Okay, Smart Guy, Then What Do I Play if I’m Removing Spyglass?

Good question, personified narrative device! and that’s where this article gets interesting! Because I got some ideas for you…

…I got AN idea for you. I-It’s one idea… Just the one. Otherwise, this article would start to just get out of control. And we don’t want that…

You see…The first pack of the inheritance cycle came out two weeks ago and it had some interesting cards in it. The first one, I’ve already mentioned. Hiruma Signaller. Another card that incentivizes towering? Surely, this is even more reason to play Spyglass, right?! Well, hold on, because it gets better. The other notable card for Crab is Gateway to Meido. I’ll post the image of the card as well, just to make the banner image for this article make more sense.

Get it? 😀

…Cuz…Cuz Jack Sparrow is the Crab player…stuck in the vast ocean of the meta with just his spyglass to keep him company…until he sees land…at which point he knows he doesn’t need that spyglass anymore…

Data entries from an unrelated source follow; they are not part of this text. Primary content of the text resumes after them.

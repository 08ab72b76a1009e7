// The reader of scenarios: the movements that a benchmark asks of a map.
//
// The contract: `read_scen` gives what the grammar `scenario_of` gives of the lines of its text,
// the requests or the first fault. `fault` has the faults, `row` one row, `reading` the whole text.
#![tactic(auto)]

mod fault;
mod reading;
mod row;
#[cfg(test)]
mod tests;

pub use fault::{ScenFault, ScenKind};
pub use reading::read_scen;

…I wish I was more clever…

Anyway, with this card you are able to recur cards from your dynasty discard pile while you’re defending it. This includes playing cards like Vanguard Warrior for more saves and Kaiu Envoys for additional resource production over the course of the game.

But that…is just the tip of the iceberg, my friends. Oh…we have only just begun to discuss the nonsense that this province creates.

You see…the designers of this game have a really “interesting” mechanic that they’ve decided to give, in large part, to the Crab clan. You can see it with cards such as Hida Amoro, Hida Tsuru, Watch Commander, Yasuki Oguri and Yasuki Taka. What do all these cards have in common? Well… the word, “unlimited.” Which is quite the coincidence. Because, with this new province, the Crab clan is now capable of performing what is, essentially, an infinite (or unlimited) combo.

The basic definition of an infinite combo is a series of actions that can be performed an unlimited number of times due to the combo’s synergy refreshing the resources used to create the combo. (this includes the cards themselves as well as any honor, fate, characters or activation opportunities). These combos create a situation where, if they are not interrupted in some way by the other player, the only possible results are: the game ends with the combo player winning or time is called (because you have theoretically infinite number of actions, but not enough time to do them all).  Magic players will be familiar with this concept, as I hear there are plenty of examples of this in that game. Now, this particulat combo, at least its baseline (more on that in a bit) isn’t necessarily a true infinite combo, but it’s close enough to be setting off alarms in many players’ heads (as we saw on Facebook last week ^^ ).

The combo works like this: Your opponent attacks Gateway to Meido. You, predicting they’d eventually run into it, have been planning for this by saving a ton of fate. You either already have in play, or play from your discard pile (via Meido) 1. Yasuki Taka, 2. Yasuki Broker and 3. Vanguard Warrior (VW). This has a relatively high upfront cost, as it’s a 5 cost character, a 4 cost character and a 2 cost character (minimum start up cost of 11 fate). Now, you use the Vanguard Warrior’s ability to put a fate on one of your characters (it doesn’t really matter too much who you choose). Because you have Taka and the Broker, you gain 2 fate (1 from Taka, 1 from the Courtesy that the Broker gave your Vanguard Warrior). In addition, you draw a card from the Sincerity that the Broker gave the Vanguard Warrior.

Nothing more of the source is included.